В основу произведения легла вторая песнь гомеровской «Илиады» — «Сон Беотия, или Перечень кораблей», где перечисляются все корабли и полководцы, которые отправились на Трою.

Начало стихотворения – слово «бессонница», которое описывает физическое состояние героя. И сразу поэт погружает читателя в древнегреческий миф: «Гомер. Тугие пару…». Бесконечно тянущиеся корабли, как бесконечная ночь, мучающая и не позволяющая заснуть. Образ журавлиного клина только усиливает неспешность и растянутость пространства и времени, которые стремится подчеркнуть Мандельштам. Анализ стихотворения «Бессонница» отражает плавное течение времени и мыслей лирического героя. От описания кораблей он переходит к размышлению о цели древней войны. Огромным воинством движет любовь: «Куда плывете вы? Когда бы не Елена, что Троя вам, ахейские мужи. И море, и Гомер – все движется любовью». Следующая строка возвращает в реальность, в настоящую для лирического героя эпоху: «Кого же слушать мне? И вот Гомер молчит».

Любовь – вот главная движущая сила, которая остается неизменной с древних времен по сей день, – такое мнение высказал в этом стихотворении Осип Мандельштам.

В стихотворении описывается один из пикников на берегу Средиземного моря, на которых Мандельштам был частым гостем во времена учебы в Сорбонне. Это произведение резко выделяется на фоне всего творчества поэта своей радостью, счастьем и беззаботным розовым светом. Поэт выступает романтиком, рисует прекрасную пейзажную картину, наполненную звуками, запахами и яркими красками. Девятнадцатилетний писатель счастлив, он ощущает свободу и безграничность своих возможностей, весь мир открывается перед ним. Поэт открыто высказывает свое мнение, в нем нет страха и боязни навлечь на себя беду (какие появляются в более позднем творчестве).

После возвращения в Россию никогда уже не напишет столь радостных строк Мандельштам. Анализ стихотворения «Вечер нежный» раскрывает жизнерадостную, жаждущую свободы и жизни душу писателя.

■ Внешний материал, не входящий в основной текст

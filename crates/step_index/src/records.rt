//! The records, and the classes of their places.

ghost use Rattle.std.specs.Prelude.{◌≡◌, ◌<◌, ◌≤◌, ◌+◌, ◌-◌, ◌==◌, [], ◌∷◌, ◌++◌, true, drop, length, map, position, slice_get, Some, IfOk, OnOk};
ghost use Rattle.std.specs.List.{count_by, remove};
ghost use Rattle.depends.specs.Plans as plans;
ghost use Rattle.saved_steps.specs.World.{is_same_step};
ghost use Rattle.saved_steps.specs.declared.record.StepRecord.{StepRecord as Kept};
ghost use Rattle.step_index.specs.Gathered.{accesses, is_of_execution, places_where};
ghost use Rattle.step_index.specs.Near.{is_near};
ghost use Rattle.step_index.specs.Walks.{ConflictsAt, IsFirstFrom, NeedsByName, record_needs};

use crate::buckets::{
    BUCKETS, Classing, all_classes, exec_bucket, key_bucket, makes_threads, name_bucket,
};
use crate::gathered::{gathered_accesses, gathered_of};
use crate::looks::{CountedRecords, Looks};
use crate::plans::{plan_of, plan_with_looks};
use crate::walks::{earlier, first_named, first_needing, first_needing_in};
use attr_values::Key;
use depends::Plan;
use item_store::AccessMode;
use linked_classes::ClassedVec;
use saved_steps::StepRecord;
use std::alloc::{AllocError, Global};
use std::marker::Model;
use std::mem;
use step_names::StepName;

/// Records of steps in the order in which they were added. Contracts see their list, and whether there is room for one more.
///
/// The steps are in classes: of their names, their threads, their executions and the keys that they touched, each by its hash.
/// Those that close a fork or waited for branches are in one of their own as well, by their execution, and those that wrote by
/// their key. All classes are over the numbers of one list. A record costs 112 to 160 bytes for these, one that is gone 32, and
/// all together 1,570,000 once.
#[derive(Drop)]
pub struct StepRecords {
    records: ClassedVec<StepRecord>,
}

impl Model for StepRecords {
    ghost use Rattle.step_index.specs.Records.{Records, AreIndexed, has_record_room};
    ghost use Rattle.saved_steps.specs.contracts.record.StepRecord as record_row;
    ghost use Rattle.std.specs.Coded.{codes};

    ghost Value = { Records };

    ghost coded = { Prim.hlevel (codes, record_row.the_row.coded) };

    ghost view = { λ a. record {
      items = a.records.items;
      has_room = has_record_room a.records;
    } };

    ghost invariant = { λ a. AreIndexed a.records };
}

impl StepRecords {
    /// No records. Takes no memory.
    pub fn new(alloc: Global) -> StepRecords
        ensures { result.items ≡ [] }
    {
        StepRecords {
            records: ClassedVec::new(alloc),
        }
    }

    /// The records in their order.
    pub(crate) fn listed(&self) -> &ClassedVec<StepRecord>
        ensures { result.now.items ≡ self.now.items }
    {
        &self.records
    }

    /// The record at a place, in the time of `RisingNumbers::get`.
    pub fn get(&self, at: usize) -> &StepRecord
        requires { at < length self.now.items }
        ensures { slice_get self.now.items at ≡ Some result.now }
    {
        self.records.get(at)
    }

    /// How many there are.
    pub fn len(&self) -> usize
        ensures { result ≡ length self.now.items }
    {
        self.records.len()
    }

    /// Whether there is none.
    pub fn is_empty(&self) -> bool
        ensures { result ≡ (length self.now.items == 0) }
    {
        self.records.is_empty()
    }

    /// Makes room for one more record. Refused where memory is, and where 715,827,882 records have come.
    pub fn reserve(&mut self) -> Result<(), AllocError>
        ensures items { self.new.items ≡ self.old.items }
        ensures room { OnOk result (self.new.has_room ≡ true) }
    {
        self.records.reserve(BUCKETS as usize)
    }

    /// Adds a record at the end. Takes no memory, and the time to hash its name and its key a few times.
    pub fn push(&mut self, kept: StepRecord)
        requires { self.old.has_room ≡ true }
        ensures { self.new.items ≡ self.old.items ++ kept ∷ [] }
    {
        let classes = all_classes(&kept.fact);
        self.records.push(kept, &classes);
    }

    /// Takes the record at a place out: the others stay in their order. Takes no memory, a few steps for each class, and the
    /// time of `RisingNumbers::remove`; no record is moved or looked at.
    pub fn remove(&mut self, at: usize) -> StepRecord
        requires { at < length self.old.items }
        ensures taken { slice_get self.old.items at ≡ Some result }
        ensures items { self.new.items ≡ remove self.old.items at }
    {
        self.records.remove(at)
    }

    /// Takes the first record out: the others stay in their order. Takes no memory, and the time of `remove`.
    pub fn take_first(&mut self) -> StepRecord
        requires { 0 < length self.old.items }
        ensures { self.old.items ≡ result ∷ self.new.items }
    {
        self.remove(0)
    }

    /// Takes all records out, in their order: none is left, and no room. Takes no memory.
    pub fn take_all(&mut self) -> StepRecords
        ensures taken { result.items ≡ self.old.items }
        ensures items { self.new.items ≡ [] }
    {
        let alloc = self.records.allocator();
        mem::replace(self, StepRecords::new(alloc))
    }

    /// The place of the first step of a name. Takes no memory; looks at the steps whose names have its hash.
    pub fn find(&self, name: &StepName) -> Option<usize>
        ensures { result ≡ position (λ r. is_same_step r.fact.name name.now) self.now.items }
    {
        first_named(&self.records, name_bucket(name), name)
    }

    /// The places of an execution's steps, in ascending order. Takes memory for these; looks at the steps whose executions have its
    /// hash.
    pub fn of_execution(&self, alloc: Global, exec: &str) -> Result<Vec<usize>, AllocError>
        ensures { IfOk result (λ places. places.items ≡ places_where (is_of_execution exec.now) self.now.items) }
    {
        gathered_of(alloc, &self.records, exec_bucket(exec), exec)
    }

    /// The places of the steps that accessed a key, in ascending order. Takes memory for these; looks at the accesses of the keys
    /// that have its hash.
    pub fn accesses(&self, alloc: Global, key: &Key) -> Result<Vec<usize>, AllocError>
        ensures { IfOk result (λ places. places.items ≡ places_where (accesses key.now) self.now.items) }
    {
        gathered_accesses(alloc, &self.records, key_bucket(key), key)
    }

    /// The place of the earliest step that depends directly on the one at a place. Takes no memory. Looks, behind it, at the
    /// steps of its thread up to that one, at those of its execution that close a fork or waited for branches, and at the
    /// accesses of its key up to that one, of a read at the writes alone; of a start or a fork at the steps of its execution up
    /// to that one. Steps whose names or keys have the same hash are looked at beside these.
    pub fn first_dependent(&self, at: usize) -> Option<usize>
        requires { at < length self.now.items }
        ensures { result ≡ plans.first_dependent (map (λ r. r.fact) self.now.items) at }
    {
        earlier(self.first_in_execution(at), self.first_conflict(at))
    }

    /// The earliest step that accesses the key of the one at a place, and not both read.
    fn first_conflict(&self, at: usize) -> Option<usize>
        requires { at < length self.now.items }
        ensures { (f : Kept) → slice_get self.now.items at ≡ Some f → IsFirstFrom (ConflictsAt self.now.items f) (record_needs f) self.now.items (at + 1) result }
    {
        let records = &self.records;
        let Some(access) = &records.get(at).fact.access else {
            return None;
        };
        match access.mode {
            AccessMode::Write => first_needing(records, Classing::Keys, at),
            AccessMode::Read => {
                first_needing_in(records, Classing::Writes, key_bucket(&access.key), at)
            }
        }
    }

    /// The step at a place and all its consequences, the latest first, as `plan_with_looks` finds them.
    pub fn plan(&self, alloc: Global, at: usize) -> Result<Plan, AllocError>
        requires { at < length self.now.items }
        ensures { IfOk result (λ p. p ≡ plans.plan (map (λ r. r.fact) self.now.items) at) }
    {
        plan_of(alloc, &self.counted(), at)
    }

    /// The same, with its looks at records added to a count. A later step is looked at once, and only if it is in a class that was
    /// opened for one that was found. Takes memory for the marks of each step that was found, for the opened classes and for their
    /// later places, and for each record that is looked at a few look-ups among the marks.
    pub fn plan_with_looks(
        &self,
        alloc: Global,
        at: usize,
        looks: &mut Looks,
    ) -> Result<Plan, AllocError>
        requires there { at < length self.now.items }
        requires room { looks.old.count + length self.now.items ≤ 18446744073709551615 }
        ensures plan { IfOk result (λ p. p ≡ plans.plan (map (λ r. r.fact) self.now.items) at) }
        ensures looks { looks.new.count ≤ looks.old.count + (length self.now.items - at) }
        ensures members { IfOk result (λ p. looks.old.count + length p ≤ looks.new.count) }
        ensures near { IfOk result (λ p. looks.new.count ≤ looks.old.count + 1 + count_by (is_near self.now.items p) (drop (at + 1) self.now.items)) }
    {
        plan_with_looks(alloc, &self.counted(), at, looks)
    }

    /// The records as a plan sees them.
    fn counted(&self) -> CountedRecords<'_>
        ensures { result ≡ self.now.items }
    {
        CountedRecords {
            records: &self.records,
        }
    }

    /// The earliest step that depends directly on the one at a place, of those that do so by their names.
    fn first_in_execution(&self, at: usize) -> Option<usize>
        requires { at < length self.now.items }
        ensures { (f : Kept) → slice_get self.now.items at ≡ Some f → IsFirstFrom (NeedsByName self.now.items f) (record_needs f) self.now.items (at + 1) result }
    {
        let records = &self.records;
        let fact = &records.get(at).fact;
        if makes_threads(fact.kind) {
            return first_needing(records, Classing::Execs, at);
        }
        let class = exec_bucket(fact.name.thread.exec());
        let closing = first_needing_in(records, Classing::Gates, class, at);
        earlier(first_needing(records, Classing::Threads, at), closing)
    }
}
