//! The steps that were found for a plan, the marks that they left, and the later places that are due.

ghost use Rattle.std.specs.Prelude.{◌≡◌, ◌+◌, ◌∷◌, ◌++◌, [], ℕ, List, map, IfOk, OnOk, Some, slice_get};
ghost use Rattle.depends.specs.Plans as plans;
ghost use Rattle.saved_steps.specs.declared.record.StepRecord.{StepRecord as Kept};
ghost use Rattle.step_index.specs.Finding.{AreFound, IsNextDue};

use crate::due::DuePlaces;
use crate::looks::CountedRecords;
use depends::Marks;
use saved_steps::Fact;
use std::alloc::{AllocError, Global};

/// The places of steps that were found, in the order in which they came; the marks that these left; and the later places at which
/// a step may be that depends directly on one of them.
#[derive(Drop)]
pub(crate) struct FoundSteps {
    pub(crate) places: Vec<usize>,
    marks: Marks,
    due: DuePlaces,
}

impl FoundSteps {
    /// None. Takes no memory.
    pub(crate) fn new(alloc: Global) -> FoundSteps
        ensures places { result.places.items ≡ [] }
        ensures found { (rs : List Kept) (from : ℕ) → AreFound rs from result }
    {
        FoundSteps {
            places: Vec::new(alloc),
            marks: Marks::new(alloc),
            due: DuePlaces::new(alloc),
        }
    }

    /// Adds the step at a place behind the others. The later places of its classes become due.
    pub(crate) fn add(
        &mut self,
        records: &CountedRecords,
        place: usize,
        fact: &Fact,
    ) -> Result<(), AllocError>
        ensures places { OnOk result (self.new.places.items ≡ self.old.places.items ++ place ∷ []) }
        ensures found { OnOk result ((r : Kept) → slice_get records.now place ≡ Some r → r.fact ≡ fact.now → AreFound records.now (place + 1) self.old → AreFound records.now (place + 1) self.new) }
    {
        self.marks.add(fact)?;
        self.due.open(records, place, fact)?;
        self.places.push(place)?;
        Ok(())
    }

    /// Takes the least due place, if there is one. No step before it depends directly on one of those that were found.
    pub(crate) fn next_due(&mut self) -> Option<usize>
        ensures places { self.new.places.items ≡ self.old.places.items }
        ensures next { (rs : List Kept) (from : ℕ) → AreFound rs from self.old → IsNextDue rs from self.old self.new result }
    {
        self.due.take_first()
    }

    /// Their places.
    pub(crate) fn into_places(self) -> Vec<usize>
        ensures { result.items ≡ self.places.items }
    {
        self.places
    }

    /// Whether a later step depends directly on one of them, by the marks that they left: none of them is looked at.
    pub(crate) fn is_needed(&self, later: &Fact) -> Result<bool, AllocError>
        ensures { IfOk result (λ b. (rs : List Kept) (from : ℕ) → AreFound rs from self.now → b ≡ plans.depends_on_some (map (λ r. r.fact) rs) self.now.places.items later.now) }
    {
        self.marks.marks(later)
    }
}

Стихотворение «Notre Dame», как и предыдущее, основано на тех впечатлениях, которые оставила о себе учеба во Франции. Мандельштам много путешествовал в этот период и был потрясен видом Собора Парижской Богоматери. Именно этому архитектурному памятнику посвящено стихотворение. Невероятно метафорично и чувственно описывает здание Мандельштам. Анализ стихотворения «Notre Dame» раскрывает красоту собора, сравниваемого с живым существом: «играет мышцами крестовый легкий свод». Поэт испуган и восхищен зрелищем, он проникается красотой и величием строения и постепенно признает его красивейшим в мире.

Первой же строкой Мандельштам обращается к истории создания Собора: «Где римский судия судил чужой народ». Возникающая римская тема необходима для того, чтобы показать связь архитектуры и культурно-исторического развития народов.

Восхищается и удивляется способностями древних зодчих Мандельштам. Анализ стихотворения «Notre Dame» можно свести к описанию контрастов, на которых построено все произведение: «легкий свод» — «масса грузная стены», «египетская мощь» — «христианская робость», «дуб» — «тростинка». В сочетании противоречивых чувств, несхожих материалов и разных подходов к изображению скрыта красота как самого собора, так и стихотворения поэта.

Таким образом, раскрыть авторскую позицию, понять душу, мировоззрение и настроение поэта поможет простой анализ стихотворения. Мандельштам, несомненно, — один из интереснейших и необычнейших поэтов Серебряного века, чье творчество восхищает, притягивает и завораживает.

источник

Стихотворение «Бессонница, Гомер, тугие паруса» было написано в 1915 году. Этот этап творческой жизни поэта серебряного века многие литературоведы называют периодом «Камня» (Л. Гинзбург в книге «О лирике»). Творец слова при этом ассоциируется со строителем, который возводит здание, а камень – его основное орудие труда. Именно поэтому поиск слова и смысла жизни является ключевым в понимании этого стихотворения.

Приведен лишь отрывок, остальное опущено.